[NIC-960209.1757] Routing Problem (fwd)

Kai kai at netcom.com
Wed Feb 14 02:53:45 UTC 1996


Sprint's filtering of routes based on prefix-length has made the popular
press: Communications Week International, Oct.20,1995 (as far as I can
tell from the website).
Please take a look at:

http://techweb.cmp.com/techweb/cwi/current/153newssprint.html

The article unfortunately quotes me completely out of context: I was
never asked by the correspondent in question (Christy Hudgins-Bonafield),
nor informed that I would be quoted, or things would have been portrayed
a little different, as I cannot remember having uttered words
that could be interpreted as

"Schlichting said Sprint's action disrupted an international conference of
 600 government and civilian participants in Kazakhstan late last month."
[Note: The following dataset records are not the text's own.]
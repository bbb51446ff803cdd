// Which configs are valid and supported (W3C WebCodecs, "valid AudioDecoderConfig" and the like), and what they ask for.
ghost use Rattle.std.specs.Prelude.{◌≡◌};
ghost use Rattle.wc_config.specs.Configs.{audio_codec, video_codec, coder_id_of, is_valid, is_within, is_flac, has_streaminfo, is_supported, is_blank, is_pair, is_size};

use crate::codec::{CodecId, CoderId, Role};
use crate::config::{AudioEncoderConfig, Config, VideoDecoderConfig};
use crate::stream_info::read_streaminfo;
use bytes::Bytes;

impl Config {
    /// Whether the config keeps the rules of its standard: a codec string that is not blank, rates, channels and sizes
    /// above 0, sizes in pairs, and the options of an encoder in their ranges.
    pub fn is_valid(&self) -> bool
        ensures { result ≡ is_valid self.now }
    {
        match self {
            Config::AudioDecoder(c) => !is_blank(c.codec.as_str())
                && c.rate >= 1
                && c.channels >= 1,
            Config::AudioEncoder(c) => is_valid_encoder(c),
            Config::VideoDecoder(c) => is_valid_video(c),
            Config::VideoEncoder(c) => !is_blank(c.codec.as_str()) && c.width >= 1 && c.height >= 1,
            Config::Bad => false,
        }
    }

    /// The coder that the config asks for; none where its codec string is not known, byte for byte.
    pub fn coder_id(&self) -> Option<CoderId>
        ensures { result ≡ coder_id_of self.now }
    {
        let (role, codec) = match self {
            Config::AudioDecoder(c) => (Role::Decode, audio_codec(c.codec.as_str())),
            Config::AudioEncoder(c) => (Role::Encode, audio_codec(c.codec.as_str())),
            Config::VideoDecoder(c) => (Role::Decode, video_codec(c.codec.as_str())),
            Config::VideoEncoder(c) => (Role::Encode, video_codec(c.codec.as_str())),
            Config::Bad => (Role::Decode, None),
        };
        Some(CoderId {
            role,
            codec: codec?,
        })
    }

    /// Whether the config is valid, its codec is known, and that codec's coder can work with it.
    pub fn supported(&self) -> bool
        ensures { result ≡ is_supported self.now }
    {
        self.is_valid() && self.coder_id().is_some() && is_within(self)
    }
}

fn is_valid_encoder(c: &AudioEncoderConfig) -> bool
    ensures { result ≡ is_valid (Config.AudioEncoder c.now) }
{
    !is_blank(c.codec.as_str())
        && c.rate >= 1
        && c.channels >= 1
        && (c.block_size == 0 || (c.block_size >= 16 && c.block_size <= 65535))
        && c.level <= 8
        && (c.depth == 8 || c.depth == 16 || c.depth == 24 || c.depth == 32)
}

fn is_valid_video(c: &VideoDecoderConfig) -> bool
    ensures { result ≡ is_valid (Config.VideoDecoder c.now) }
{
    !is_blank(c.codec.as_str())
        && is_pair(c.width, c.height)
        && is_pair(c.aspect_width, c.aspect_height)
}

/// Whether nothing is left where ASCII whitespace is stripped.
fn is_blank(text: &str) -> bool
    ensures { result ≡ is_blank text.now }
{
    text.as_bytes().iter().all(|b| *b == 9 || *b == 10 || *b == 12 || *b == 13 || *b == 32)
}

/// Whether both are there and above 0, or neither is there.
fn is_pair(width: Option<u32>, height: Option<u32>) -> bool
    ensures { result ≡ is_pair width height }
{
    match (width, height) {
        (None, None) => true,
        (Some(width), Some(height)) => width >= 1 && height >= 1,
        _ => false,
    }
}

fn audio_codec(text: &str) -> Option<CodecId>
    ensures { result ≡ audio_codec text.now }
{
    match text {
        "pcm-u8" => Some(CodecId::PcmU8),
        "pcm-s16" => Some(CodecId::PcmS16),
        "pcm-s24" => Some(CodecId::PcmS24),
        "pcm-s32" => Some(CodecId::PcmS32),
        "alaw" => Some(CodecId::Alaw),
        "ulaw" => Some(CodecId::Ulaw),
        "flac" => Some(CodecId::Flac),
        _ => None,
    }
}

fn video_codec(text: &str) -> Option<CodecId>
    ensures { result ≡ video_codec text.now }
{
    match text {
        "x-raw-i420" => Some(CodecId::RawI420),
        "x-raw-i422" => Some(CodecId::RawI422),
        "x-raw-i444" => Some(CodecId::RawI444),
        "x-raw-nv12" => Some(CodecId::RawNv12),
        _ => None,
    }
}

/// Whether the config's coder can work with it, be it valid or not.
fn is_within(config: &Config) -> bool
    ensures { result ≡ is_within config.now }
{
    match config {
        Config::AudioDecoder(c) => {
            if is_flac(audio_codec(c.codec.as_str())) {
                has_streaminfo(&c.description)
            } else {
                c.channels <= 32
            }
        }
        Config::AudioEncoder(c) => {
            if is_flac(audio_codec(c.codec.as_str())) {
                c.channels <= 8 && c.rate <= 1_048_575
            } else {
                c.channels <= 32
            }
        }
        Config::VideoDecoder(c) => is_size(c.width) && is_size(c.height),
        Config::VideoEncoder(c) => c.width <= 16384 && c.height <= 16384,
        Config::Bad => false,
    }
}

fn is_flac(codec: Option<CodecId>) -> bool
    ensures { result ≡ is_flac codec }
{
    matches!(codec, Some(CodecId::Flac))
}

fn is_size(size: Option<u32>) -> bool
    ensures { result ≡ is_size size }
{
    match size {
        None => false,
        Some(n) => n <= 16384,
    }
}

fn has_streaminfo(description: &Option<Bytes>) -> bool
    ensures { result ≡ has_streaminfo description.now }
{
    match description {
        None => false,
        Some(bytes) => read_streaminfo(bytes.as_slice()).is_some(),
    }
}
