// What a FLAC stream says of itself.
ghost use Rattle.std.specs.Prelude.{◌≡◌, ◌≤◌, ◌<◌, ◌^◌, ◌*◌, length};
ghost use Rattle.wc_config.specs.Streams.{big_endian, stream_info_of, streaminfo_of};

/// The STREAMINFO block of a FLAC stream (RFC 9639, section 8.2): block sizes in frames, frame sizes in bytes, `rate`
/// in frames a second, `depth` in bits a sample, and the `total` count of frames, with 0 for unknown.
#[derive(Clone, Copy, Debug, PartialEq, Eq)]
pub struct StreamInfo {
    pub min_block: u32,
    pub max_block: u32,
    pub min_frame: u32,
    pub max_frame: u32,
    pub rate: u32,
    pub channels: u32,
    pub depth: u32,
    pub total: u64,
    pub md5: [u8; 16],
}

/// What the description of a FLAC decoder's config says (W3C registration for FLAC): the stream's mark, and then its
/// STREAMINFO block. None where a part of them is missing or is another, the rate is 0, or the depth is below 4.
pub fn read_streaminfo(description: &[u8]) -> Option<StreamInfo>
    ensures { result ≡ streaminfo_of description.now }
{
    if description.len() < 42 || &description[..4] != b"fLaC".as_slice() {
        return None;
    }
    // The first bit marks the last block of its kind, and does not matter.
    if big_endian(&description[4..8]) % 0x8000_0000 != 34 {
        return None;
    }
    let info = stream_info(&description[8..42]);
    if info.rate >= 1 && info.depth >= 4 {
        Some(info)
    } else {
        None
    }
}

/// The fields of the block's bytes.
fn stream_info(block: &[u8]) -> StreamInfo
    requires { length block.now ≡ 34 }
    ensures { result ≡ stream_info_of block.now }
{
    let blocks = big_endian(&block[..4]);
    let frames = big_endian(&block[4..10]);
    let rest = big_endian(&block[10..18]);
    let mut md5 = [0; 16];
    md5.copy_from_slice(&block[18..34]);
    StreamInfo {
        min_block: (blocks >> 16) as u32,
        max_block: (blocks % 0x1_0000) as u32,
        min_frame: (frames >> 24) as u32,
        max_frame: (frames % 0x100_0000) as u32,
        rate: (rest >> 44) as u32,
        channels: (rest >> 41) as u32 % 8 + 1,
        depth: (rest >> 36) as u32 % 32 + 1,
        total: rest % (1 << 36),
        md5,
    }
}

/// The number that at most eight bytes spell, the most significant first.
fn big_endian(bytes: &[u8]) -> u64
    requires { length bytes.now ≤ 8 }
    ensures value { result ≡ big_endian bytes.now }
    ensures bound { result < 256 ^ length bytes.now }
{
    let mut number = 0u64;
    for byte in bytes {
        number = number * 256 + *byte as u64;
    }
    number
}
I am somewhat upset that it took using the new big brother tool
'http://altavista.digital.com' to find this reference , today. Needless to
say, it came up with other interesting digital footprints of my past.


Small fact sheet:

- BelCom was a client of a Sprint reseller at the time, and was not
  victim of Sean's policy, but WOULD have been , if we had been a non-Sprint-
  connected network at the time

- connectivity was impaired by not having an entry of the network (a /22)
  in the routing registries (who was responsible for this remains unclear,
  people at ANS and the Sprint INSC were ultimately helpful with this issue)

- the conference was a great success, the real-IP connectivity was "The"
  killer at the conference. Indeed it was so successful, that we decided
  to present the Internet at the regional Oil&Gas show the week after,
  with DEC's support and contributions (which shall not go umnmentioned here)

Note, that at the time I had full justification for an independent network
number block, as the plan was to multi-home said network in both Moscow
and New York, with growth expections beyond rationality (confirmed by success
and follow-up inquieries resulting from the shows).

BelCom (net worth: $25M) has been decapitated by Comsat Corp. (net: $900M)
since, in what I call a 'corporate crime in progress' : the failure to
successfully usurp BelCom into Comsat's empire has led to an internal 
power-struggle at Comsat, with Beltway-Lions fighting over the control of
a $900M company. Can you say 'chopped heads' , 'body bags' , anyone ?
For control over one billion dollars, people will do anything. I have never
seen people act so ugly in my life. As one of the managers, I am getting
dragged into a mess of lawsuits at this time, with the DC boys and girls
sending gov't agencies my way, the whole charade: if you thought COINTELPRO
was a joke, think again: DC stands for District of Crime, and
Norman Schwartzkopf meant this literally.


In most likeliness, we will see a new chapter of the entire filtering issue
very soon: I am working on a new New York-Moscow IP link for a new company 
at this time: same issues, same story, just a different name.

To Sean Doran: I was rather impressed by your recent statement, call it
commitment to your business: reselling IP wholesale, with the goal of 
preserving functionality of the network as a whole, and a commitment to
what I previously believed to be untrue: not to squeeze the small guys
out of the market with arbitrary new filtering rules. Yet, I think
it's necessary to not follow this policy indefinitely into the future:

- we need faster routers. Cisco does not provide them at this time.
  Where will they come from ? Take a look at the 'gigarouter' (URL lost
  right now): it seems to implement what we have been talking about before:
  a general purpose unix-type engine for route processing, with interface
  cards with memory to hold complete static routing tables. The two
  components talk on a separate bus with each other, both can be upgraded
  independently. MCI uses them for the experimental vBNS.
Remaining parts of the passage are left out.